Exercise >>
Some of the lines below need repeating. Reproduce exactly those between the lines holding "bytes.extend_from_slice(&length.to_be_bytes())?;" and "64 a piece.", inclusive.

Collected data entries
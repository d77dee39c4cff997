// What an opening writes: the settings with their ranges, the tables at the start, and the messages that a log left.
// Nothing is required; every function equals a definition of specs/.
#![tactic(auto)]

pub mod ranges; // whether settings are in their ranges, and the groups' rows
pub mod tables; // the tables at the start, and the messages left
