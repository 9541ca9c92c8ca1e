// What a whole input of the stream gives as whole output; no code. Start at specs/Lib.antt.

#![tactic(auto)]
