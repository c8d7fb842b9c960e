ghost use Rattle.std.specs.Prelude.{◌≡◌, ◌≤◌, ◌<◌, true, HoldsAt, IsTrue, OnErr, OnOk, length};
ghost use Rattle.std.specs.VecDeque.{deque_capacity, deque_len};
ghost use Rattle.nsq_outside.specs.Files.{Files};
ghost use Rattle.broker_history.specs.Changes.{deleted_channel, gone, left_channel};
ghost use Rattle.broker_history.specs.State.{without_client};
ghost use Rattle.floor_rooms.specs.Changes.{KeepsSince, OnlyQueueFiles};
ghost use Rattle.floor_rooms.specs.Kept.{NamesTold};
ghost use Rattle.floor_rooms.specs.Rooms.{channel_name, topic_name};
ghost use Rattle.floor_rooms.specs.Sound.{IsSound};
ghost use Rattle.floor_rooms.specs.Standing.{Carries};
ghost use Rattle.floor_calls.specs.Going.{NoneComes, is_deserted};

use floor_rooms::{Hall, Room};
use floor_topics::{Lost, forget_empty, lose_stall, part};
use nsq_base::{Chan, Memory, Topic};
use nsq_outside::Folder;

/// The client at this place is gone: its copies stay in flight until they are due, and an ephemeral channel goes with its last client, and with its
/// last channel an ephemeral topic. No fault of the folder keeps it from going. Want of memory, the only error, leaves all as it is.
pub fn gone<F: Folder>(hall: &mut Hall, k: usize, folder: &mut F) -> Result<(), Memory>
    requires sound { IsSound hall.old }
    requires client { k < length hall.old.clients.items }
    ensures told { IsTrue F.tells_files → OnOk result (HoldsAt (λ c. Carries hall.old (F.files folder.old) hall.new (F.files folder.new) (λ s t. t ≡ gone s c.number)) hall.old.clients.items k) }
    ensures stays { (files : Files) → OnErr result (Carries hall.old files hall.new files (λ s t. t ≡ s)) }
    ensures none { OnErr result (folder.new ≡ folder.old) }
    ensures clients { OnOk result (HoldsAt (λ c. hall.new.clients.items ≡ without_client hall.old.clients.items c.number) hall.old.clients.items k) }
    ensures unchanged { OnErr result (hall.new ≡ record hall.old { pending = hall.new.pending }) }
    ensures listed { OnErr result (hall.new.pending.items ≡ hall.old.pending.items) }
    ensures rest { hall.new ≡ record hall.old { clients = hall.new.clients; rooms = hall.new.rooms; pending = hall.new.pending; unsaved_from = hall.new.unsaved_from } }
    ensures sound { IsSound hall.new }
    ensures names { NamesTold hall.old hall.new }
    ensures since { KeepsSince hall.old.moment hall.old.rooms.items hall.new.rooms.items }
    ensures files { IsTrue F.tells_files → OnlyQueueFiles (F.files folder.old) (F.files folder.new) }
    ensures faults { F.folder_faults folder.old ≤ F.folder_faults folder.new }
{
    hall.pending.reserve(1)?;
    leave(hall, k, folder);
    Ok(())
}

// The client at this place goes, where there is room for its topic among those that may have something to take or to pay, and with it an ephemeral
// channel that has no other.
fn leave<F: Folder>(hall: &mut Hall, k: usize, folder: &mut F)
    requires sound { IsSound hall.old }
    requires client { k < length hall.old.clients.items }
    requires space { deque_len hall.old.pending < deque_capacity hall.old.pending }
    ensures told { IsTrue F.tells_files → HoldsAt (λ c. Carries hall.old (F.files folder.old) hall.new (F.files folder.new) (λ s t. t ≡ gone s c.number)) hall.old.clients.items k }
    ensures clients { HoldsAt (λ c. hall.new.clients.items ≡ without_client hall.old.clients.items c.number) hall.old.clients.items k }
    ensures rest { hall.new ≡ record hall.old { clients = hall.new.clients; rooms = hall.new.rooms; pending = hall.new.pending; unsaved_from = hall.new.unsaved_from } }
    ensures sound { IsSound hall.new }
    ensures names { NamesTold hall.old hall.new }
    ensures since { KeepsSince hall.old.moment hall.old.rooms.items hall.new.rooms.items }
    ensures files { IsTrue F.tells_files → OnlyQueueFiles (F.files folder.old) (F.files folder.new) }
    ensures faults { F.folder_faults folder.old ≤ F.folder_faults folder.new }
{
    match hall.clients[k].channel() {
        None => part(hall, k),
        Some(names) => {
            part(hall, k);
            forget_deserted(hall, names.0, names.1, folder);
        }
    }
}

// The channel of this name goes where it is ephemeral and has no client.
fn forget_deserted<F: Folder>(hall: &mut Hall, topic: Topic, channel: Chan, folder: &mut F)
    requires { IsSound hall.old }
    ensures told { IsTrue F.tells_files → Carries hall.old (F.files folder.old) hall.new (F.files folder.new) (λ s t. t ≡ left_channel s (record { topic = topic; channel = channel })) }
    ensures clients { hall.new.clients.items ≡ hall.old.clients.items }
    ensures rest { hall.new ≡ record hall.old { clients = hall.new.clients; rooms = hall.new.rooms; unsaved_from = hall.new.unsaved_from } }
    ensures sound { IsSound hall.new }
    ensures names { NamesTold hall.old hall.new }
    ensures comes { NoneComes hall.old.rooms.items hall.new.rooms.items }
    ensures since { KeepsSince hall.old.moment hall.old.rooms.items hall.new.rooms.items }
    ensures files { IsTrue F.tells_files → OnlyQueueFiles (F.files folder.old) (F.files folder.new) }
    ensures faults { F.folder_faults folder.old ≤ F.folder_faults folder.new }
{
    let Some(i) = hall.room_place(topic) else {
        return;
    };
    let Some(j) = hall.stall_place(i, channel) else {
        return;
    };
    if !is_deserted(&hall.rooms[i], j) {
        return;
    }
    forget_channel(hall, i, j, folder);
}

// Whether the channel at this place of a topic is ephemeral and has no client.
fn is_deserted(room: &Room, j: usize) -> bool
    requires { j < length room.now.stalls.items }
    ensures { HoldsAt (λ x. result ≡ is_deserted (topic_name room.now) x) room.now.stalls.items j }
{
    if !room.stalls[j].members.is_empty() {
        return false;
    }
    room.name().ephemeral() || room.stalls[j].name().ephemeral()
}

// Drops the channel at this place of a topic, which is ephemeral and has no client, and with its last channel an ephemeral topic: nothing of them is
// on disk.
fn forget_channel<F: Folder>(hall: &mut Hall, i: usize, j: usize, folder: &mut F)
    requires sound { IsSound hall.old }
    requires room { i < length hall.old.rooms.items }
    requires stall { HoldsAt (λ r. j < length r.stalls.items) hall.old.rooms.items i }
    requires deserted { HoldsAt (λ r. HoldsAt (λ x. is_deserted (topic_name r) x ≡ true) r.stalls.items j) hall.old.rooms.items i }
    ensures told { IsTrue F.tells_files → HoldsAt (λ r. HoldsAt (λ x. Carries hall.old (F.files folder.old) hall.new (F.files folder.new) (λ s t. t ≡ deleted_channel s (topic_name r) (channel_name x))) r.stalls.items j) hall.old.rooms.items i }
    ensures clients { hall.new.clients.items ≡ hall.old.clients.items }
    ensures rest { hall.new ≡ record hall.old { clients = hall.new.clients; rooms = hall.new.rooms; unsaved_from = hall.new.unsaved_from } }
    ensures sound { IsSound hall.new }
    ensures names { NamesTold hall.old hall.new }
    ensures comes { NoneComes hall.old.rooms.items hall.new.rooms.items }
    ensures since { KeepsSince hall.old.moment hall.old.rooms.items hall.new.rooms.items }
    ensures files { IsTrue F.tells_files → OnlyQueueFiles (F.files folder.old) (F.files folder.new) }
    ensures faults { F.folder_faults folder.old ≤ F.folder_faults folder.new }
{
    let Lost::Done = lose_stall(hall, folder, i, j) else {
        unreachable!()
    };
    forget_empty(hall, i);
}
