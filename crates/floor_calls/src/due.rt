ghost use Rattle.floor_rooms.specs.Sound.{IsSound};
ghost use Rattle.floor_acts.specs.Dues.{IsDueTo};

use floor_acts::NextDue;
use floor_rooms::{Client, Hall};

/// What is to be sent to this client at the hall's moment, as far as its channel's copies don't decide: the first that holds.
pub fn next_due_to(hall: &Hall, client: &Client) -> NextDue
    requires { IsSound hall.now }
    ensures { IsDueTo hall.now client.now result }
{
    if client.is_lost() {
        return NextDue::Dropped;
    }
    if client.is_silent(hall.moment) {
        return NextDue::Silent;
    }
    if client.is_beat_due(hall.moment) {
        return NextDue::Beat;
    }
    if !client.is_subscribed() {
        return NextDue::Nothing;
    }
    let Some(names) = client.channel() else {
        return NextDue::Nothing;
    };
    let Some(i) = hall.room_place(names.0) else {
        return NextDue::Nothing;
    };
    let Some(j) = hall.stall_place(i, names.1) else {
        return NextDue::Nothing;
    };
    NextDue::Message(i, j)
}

==

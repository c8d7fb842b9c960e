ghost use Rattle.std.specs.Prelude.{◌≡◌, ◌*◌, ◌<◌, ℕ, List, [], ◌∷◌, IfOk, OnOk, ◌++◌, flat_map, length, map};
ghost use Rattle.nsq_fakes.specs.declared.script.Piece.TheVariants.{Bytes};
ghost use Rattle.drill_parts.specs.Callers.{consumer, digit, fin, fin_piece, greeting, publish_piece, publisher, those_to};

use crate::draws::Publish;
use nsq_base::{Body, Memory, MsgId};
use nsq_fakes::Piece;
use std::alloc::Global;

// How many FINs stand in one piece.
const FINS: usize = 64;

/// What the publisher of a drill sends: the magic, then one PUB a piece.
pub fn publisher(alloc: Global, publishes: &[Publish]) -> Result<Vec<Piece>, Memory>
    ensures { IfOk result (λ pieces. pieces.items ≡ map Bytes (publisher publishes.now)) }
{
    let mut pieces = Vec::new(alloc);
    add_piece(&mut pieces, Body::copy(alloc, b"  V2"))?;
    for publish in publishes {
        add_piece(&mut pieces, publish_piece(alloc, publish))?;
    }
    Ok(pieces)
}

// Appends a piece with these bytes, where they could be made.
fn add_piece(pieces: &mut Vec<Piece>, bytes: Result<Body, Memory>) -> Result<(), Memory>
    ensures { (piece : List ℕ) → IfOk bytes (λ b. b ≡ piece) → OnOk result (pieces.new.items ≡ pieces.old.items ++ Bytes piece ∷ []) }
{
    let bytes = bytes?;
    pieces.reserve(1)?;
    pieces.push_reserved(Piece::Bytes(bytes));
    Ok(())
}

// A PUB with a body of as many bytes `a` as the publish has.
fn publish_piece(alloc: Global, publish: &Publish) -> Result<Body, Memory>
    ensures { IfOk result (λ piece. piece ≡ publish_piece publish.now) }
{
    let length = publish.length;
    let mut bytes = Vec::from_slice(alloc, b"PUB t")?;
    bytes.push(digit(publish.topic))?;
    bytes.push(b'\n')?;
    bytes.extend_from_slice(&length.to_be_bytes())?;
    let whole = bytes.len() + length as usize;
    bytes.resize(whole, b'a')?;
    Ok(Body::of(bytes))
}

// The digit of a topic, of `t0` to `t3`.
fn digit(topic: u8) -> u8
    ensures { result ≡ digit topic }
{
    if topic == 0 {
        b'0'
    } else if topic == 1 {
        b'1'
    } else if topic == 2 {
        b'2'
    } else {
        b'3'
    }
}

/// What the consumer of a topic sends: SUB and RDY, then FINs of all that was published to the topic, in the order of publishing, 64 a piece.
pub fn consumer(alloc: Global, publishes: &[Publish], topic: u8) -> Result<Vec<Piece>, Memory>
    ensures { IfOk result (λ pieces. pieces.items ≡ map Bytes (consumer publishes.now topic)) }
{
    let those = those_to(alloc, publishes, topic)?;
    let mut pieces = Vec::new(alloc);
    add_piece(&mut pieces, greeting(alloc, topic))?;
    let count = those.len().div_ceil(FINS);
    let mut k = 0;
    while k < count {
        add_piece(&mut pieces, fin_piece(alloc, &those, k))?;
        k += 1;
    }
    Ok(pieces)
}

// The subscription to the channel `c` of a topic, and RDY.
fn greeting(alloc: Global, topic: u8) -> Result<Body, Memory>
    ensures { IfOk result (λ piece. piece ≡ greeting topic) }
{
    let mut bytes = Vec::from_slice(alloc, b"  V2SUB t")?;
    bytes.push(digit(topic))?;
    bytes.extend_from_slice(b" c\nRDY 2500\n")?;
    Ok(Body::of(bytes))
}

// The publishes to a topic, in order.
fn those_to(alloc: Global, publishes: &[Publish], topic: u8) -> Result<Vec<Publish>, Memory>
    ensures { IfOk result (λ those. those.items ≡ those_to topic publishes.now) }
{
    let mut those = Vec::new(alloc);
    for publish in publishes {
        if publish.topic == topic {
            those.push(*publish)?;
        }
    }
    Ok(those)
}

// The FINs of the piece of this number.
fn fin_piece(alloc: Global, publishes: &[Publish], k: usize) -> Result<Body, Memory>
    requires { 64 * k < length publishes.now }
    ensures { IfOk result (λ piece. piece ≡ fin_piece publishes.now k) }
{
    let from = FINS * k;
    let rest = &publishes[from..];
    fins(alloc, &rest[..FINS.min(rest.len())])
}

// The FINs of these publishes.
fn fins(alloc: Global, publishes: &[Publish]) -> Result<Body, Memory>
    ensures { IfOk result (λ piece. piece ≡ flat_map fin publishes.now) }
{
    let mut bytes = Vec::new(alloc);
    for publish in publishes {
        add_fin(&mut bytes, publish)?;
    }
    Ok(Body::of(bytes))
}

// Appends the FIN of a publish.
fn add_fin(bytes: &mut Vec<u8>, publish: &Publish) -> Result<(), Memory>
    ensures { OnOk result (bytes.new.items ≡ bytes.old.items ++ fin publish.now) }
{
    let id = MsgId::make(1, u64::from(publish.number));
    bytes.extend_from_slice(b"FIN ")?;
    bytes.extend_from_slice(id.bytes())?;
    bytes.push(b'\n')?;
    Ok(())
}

Your response >>
    bytes.extend_from_slice(&length.to_be_bytes())?;
    let whole = bytes.len() + length as usize;
    bytes.resize(whole, b'a')?;
    Ok(Body::of(bytes))
}

// The digit of a topic, of `t0` to `t3`.
fn digit(topic: u8) -> u8
    ensures { result ≡ digit topic }
{
    if topic == 0 {
        b'0'
    } else if topic == 1 {
        b'1'
    } else if topic == 2 {
        b'2'
    } else {
        b'3'
    }
}

/// What the consumer of a topic sends: SUB and RDY, then FINs of all that was published to the topic, in the order of publishing, 64 a piece.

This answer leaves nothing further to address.